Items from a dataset
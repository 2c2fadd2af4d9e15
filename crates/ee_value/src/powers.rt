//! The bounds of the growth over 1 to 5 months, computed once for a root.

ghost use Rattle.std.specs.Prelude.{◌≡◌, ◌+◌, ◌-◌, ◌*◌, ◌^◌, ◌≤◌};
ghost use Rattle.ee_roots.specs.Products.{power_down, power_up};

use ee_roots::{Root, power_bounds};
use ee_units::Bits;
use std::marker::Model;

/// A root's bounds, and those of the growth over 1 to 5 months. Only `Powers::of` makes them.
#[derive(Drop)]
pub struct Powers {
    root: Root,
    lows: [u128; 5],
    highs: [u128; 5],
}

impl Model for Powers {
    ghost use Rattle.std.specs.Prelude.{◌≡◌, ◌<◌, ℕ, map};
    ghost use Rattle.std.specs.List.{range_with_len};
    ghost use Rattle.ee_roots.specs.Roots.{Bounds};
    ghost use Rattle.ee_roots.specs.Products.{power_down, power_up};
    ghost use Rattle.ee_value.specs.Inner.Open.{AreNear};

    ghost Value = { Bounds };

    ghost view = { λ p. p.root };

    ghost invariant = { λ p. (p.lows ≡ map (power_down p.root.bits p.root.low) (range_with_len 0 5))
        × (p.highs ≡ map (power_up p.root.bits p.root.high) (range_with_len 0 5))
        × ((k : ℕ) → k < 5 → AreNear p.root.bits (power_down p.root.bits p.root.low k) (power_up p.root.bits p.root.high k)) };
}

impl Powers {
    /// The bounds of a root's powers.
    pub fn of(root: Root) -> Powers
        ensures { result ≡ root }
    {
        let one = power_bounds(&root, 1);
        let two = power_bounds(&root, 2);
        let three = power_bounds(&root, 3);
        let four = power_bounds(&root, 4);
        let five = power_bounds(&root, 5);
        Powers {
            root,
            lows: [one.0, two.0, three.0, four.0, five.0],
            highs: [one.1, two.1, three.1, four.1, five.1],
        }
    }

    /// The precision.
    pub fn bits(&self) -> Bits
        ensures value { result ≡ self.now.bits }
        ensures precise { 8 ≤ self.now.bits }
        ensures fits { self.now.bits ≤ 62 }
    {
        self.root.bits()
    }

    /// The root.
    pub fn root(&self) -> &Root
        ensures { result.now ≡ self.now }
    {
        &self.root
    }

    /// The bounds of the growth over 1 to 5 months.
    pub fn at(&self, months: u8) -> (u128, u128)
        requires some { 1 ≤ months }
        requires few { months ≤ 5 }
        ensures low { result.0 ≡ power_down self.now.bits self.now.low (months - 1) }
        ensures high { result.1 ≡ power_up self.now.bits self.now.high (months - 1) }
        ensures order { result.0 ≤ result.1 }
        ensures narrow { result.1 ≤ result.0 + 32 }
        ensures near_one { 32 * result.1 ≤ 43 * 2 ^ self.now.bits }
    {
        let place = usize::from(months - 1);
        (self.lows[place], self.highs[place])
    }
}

PROBLEM TO SOLVE:
Tell how many lines in the data above hold "over". Nothing but the number.

THE COMPLETED TASK:
3